Martina Barros

Martina Barros

Martina Barros Borgoño, eldest daughter of Manuel Barros Arana and Eugenia Borgoño Vergara, was born in Santiago on July 6, 1850, into a family with strong political, economic and social ties.

Martina Barros shared her childhood with her brothers -Manuel, Luis and Víctor- of her in the house of her paternal grandfather, Diego Antonio Barros, until the early death of her father due to a brain disorder. Once the misfortune occurred, they moved to the home of their uncle Diego Barros Arana (1830-1907), who assumed parental responsibility and took charge of the education of the four adopted children, but, especially, of the teaching of Martina, whom he educated rigorously and methodically. This privileged upbringing for a young 19th century woman imbued her early with an environment in which history and letters were present in every conversation.

In 1874, after six years of courtship, she married Augusto Orrego Luco (1849-1933) and was renamed Martina Barros de Orrego, the name with which she appears in most of her social appearances.

Martina Barros is considered the first Chilean intellectual and one of the precursors of feminism in Chile. Although her literary activity was confined more to reading than to the production of texts, she bequeathed an important translation of John Stuart Mill's work, The subjection of women (1869), a few lectures, an article, and an extensive volume of memoirs entitled Memories of my life (1942). With these first texts, she managed to install in her social circle discussions about the education of the women of the Chilean oligarchy and the female vote, permeating the political and literary spheres of her time with these liberal concerns. With this, she was also able to open the specific discussion on the spaces of freedom and decision of women in the social horizon of the XIX century, outlining some of the changes that would begin to take shape in the political horizon of the XX.

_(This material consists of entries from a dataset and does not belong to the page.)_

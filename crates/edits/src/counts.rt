// What is found by a walk over one run.
ghost use Rattle.std.specs.Prelude.{cond, ◌≡◌, ◌-◌, length};
ghost use Rattle.std.specs.Float.Ieee.{eq, lt};
ghost use Rattle.doubles.specs.Run.{at};
ghost use Rattle.edits.specs.Rows.{given};
ghost use Rattle.edits.specs.Counts.{bit, count_below, multiplicity_of, below_of, all_equal};

// 1 for yes.
pub fn bit_of(yes: bool) -> usize
    ensures { result ≡ bit yes }
{
    if yes { 1 } else { 0 }
}

// x equals t as a number, or is below it.
fn passes(equal: bool, x: f64, t: f64) -> bool
    ensures { result ≡ cond equal (eq x t) (lt x t) }
{
    if equal {
        return x == t;
    }
    x < t
}

// How many knots equal t, or how many are below it.
fn count(equal: bool, knots: &[f64], t: f64) -> usize
    ensures { result ≡ count_below (λ j. cond equal (eq (at knots.now j) t) (lt (at knots.now j) t)) (length knots.now) }
{
    let mut n = 0usize;
    for x in knots {
        n += bit_of(passes(equal, *x, t));
    }
    n
}

// How many knots equal t as numbers: -0.0 and 0.0 are one knot.
pub fn multiplicity(knots: &[f64], t: f64) -> usize
    ensures { result ≡ multiplicity_of knots.now t }
{
    count(true, knots, t)
}

// How many knots are below t: the first place whose knot is not, among knots in order.
pub fn below(knots: &[f64], t: f64) -> usize
    ensures { result ≡ below_of knots.now t }
{
    count(false, knots, t)
}

// How often t is missing for it to stand as many times as is asked.
pub fn missing(times: usize, knots: &[f64], t: f64) -> usize
    ensures { result ≡ times - multiplicity_of knots.now t }
{
    let n = multiplicity(knots, t);
    if n < times { times - n } else { 0 }
}

// Every number of the run equals x as a number.
pub fn all_equal(xs: &[f64], x: f64) -> bool
    ensures { result ≡ all_equal xs.now x }
{
    xs.iter().all(|y| *y == x)
}

// How many weights n points have.
pub fn given_count(rational: bool, n: usize) -> usize
    ensures { result ≡ given rational n }
{
    if rational { n } else { 0 }
}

In the 1920s, her participation in the Ladies' Club raised anger among the social and intellectual circles of the time, those who saw, in the ideas that were raised there, a threat to the stability of the home and the family, articulating institutions of the society of the time. Liberal, Catholic and self-taught, she participated in the few spaces for cultural exchange at the time, salons and gatherings, and later, given the decline of these practices, she also collaborated with the Academy of Letters of the Catholic University.

The bet of the liberal feminism of Martina Barros advocated the liberation of women through the concrete demand for an education that is not differentiated between men and women, since, on the path towards equality, it was conceived, first, as a necessary step, "educate oneself to be free" (Castillo, Alejandra. "The aporias of a liberal feminism." In Barros, Martina. Prologue to the Slavery of Women. Santiago: Palinodia, 2009, p. 10).

Barros's aspirations succeeded in sowing in the intellectual elite of the time a concern that until then had not been actively and systematically problematized publicly. In this sense, Martina Barros contributed to generating discursive conditions so that the itch for autonomy and gender awareness would gain strength and bear fruit in the first movements of women's social and political demands at the beginning of the 20th century.